→ TASK PROMPT
Your task is to extract the lines from the one holding "Ok(nurseries)" through the end of the material. Set them down exactly and add nothing.

→ RECORDS FOR THE TASK

------------------------------------------------

//! The nurseries of the mutators, whose blocks are the first of a table.
ghost use Rattle.std.specs.Prelude.{◌≡◌, ℕ, ◌*◌, ◌<◌, ◌≤◌, Some, None, length, map, IfOk, slice_index_or, slice_get};
ghost use Rattle.heap_objects.specs.Nursery.{empty_block, from_first};

use block_pool::Block;
use nursery::{Nursery, Table};
use std::alloc::{AllocError, Allocator};

/// So many empty blocks, numbered from 0.
pub(crate) fn nursery_table<A: Allocator + Clone>(
    alloc: A,
    count: usize,
    words: usize,
) -> Result<Table<A>, AllocError>
    requires few { count ≤ 1024 }
    requires words_from { 16 ≤ words }
    requires words_to { words ≤ 512 }
    ensures len { IfOk result (λ table. length table.items ≡ count) }
    ensures blocks { IfOk result (λ table. (n : ℕ) → n < count
        → slice_index_or table.items n None ≡ Some (empty_block n words)) }
{
    let mut table = Vec::with_capacity(alloc.clone()?, count)?;
    for number in 0..count {
        let mut block = Block::new(alloc.clone()?, words)?;
        block.label(number as u32, 0, 0);
        table.push(Some(block))?;
    }
    Ok(table)
}

/// A nursery of so many blocks for each mutator, one after the other.
pub(crate) fn nurseries_of<A: Allocator>(
    alloc: A,
    mutators: usize,
    blocks: usize,
) -> Result<Vec<Nursery, A>, AllocError>
    requires few { mutators ≤ 16 }
    requires some { 1 ≤ blocks }
    requires short { blocks ≤ 64 }
    ensures len { IfOk result (λ nurseries. length nurseries.items ≡ mutators) }
    ensures each { IfOk result (λ nurseries. (m : ℕ) → m < mutators
        → slice_get nurseries.items m ≡ Some (record { first = m * blocks; blocks = blocks; current = 0 })) }
{
    let mut nurseries = Vec::with_capacity(alloc, mutators)?;
    for mutator in 0..mutators {
        nurseries.push(Nursery::new(mutator * blocks, blocks))?;
    }
    Ok(nurseries)
}

/// Each nursery is filled from its first block on again.
pub(crate) fn reset_all(nurseries: &mut [Nursery])
    ensures { nurseries.new ≡ map from_first nurseries.old }
{
    for number in 0..nurseries.len() {
        nurseries[number].reset();
    }
}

------------------------------------------------

→ EXERCISE SOLUTION
    Ok(nurseries)
}

/// Each nursery is filled from its first block on again.
pub(crate) fn reset_all(nurseries: &mut [Nursery])
    ensures { nurseries.new ≡ map from_first nurseries.old }
{
    for number in 0..nurseries.len() {
        nurseries[number].reset();
    }
}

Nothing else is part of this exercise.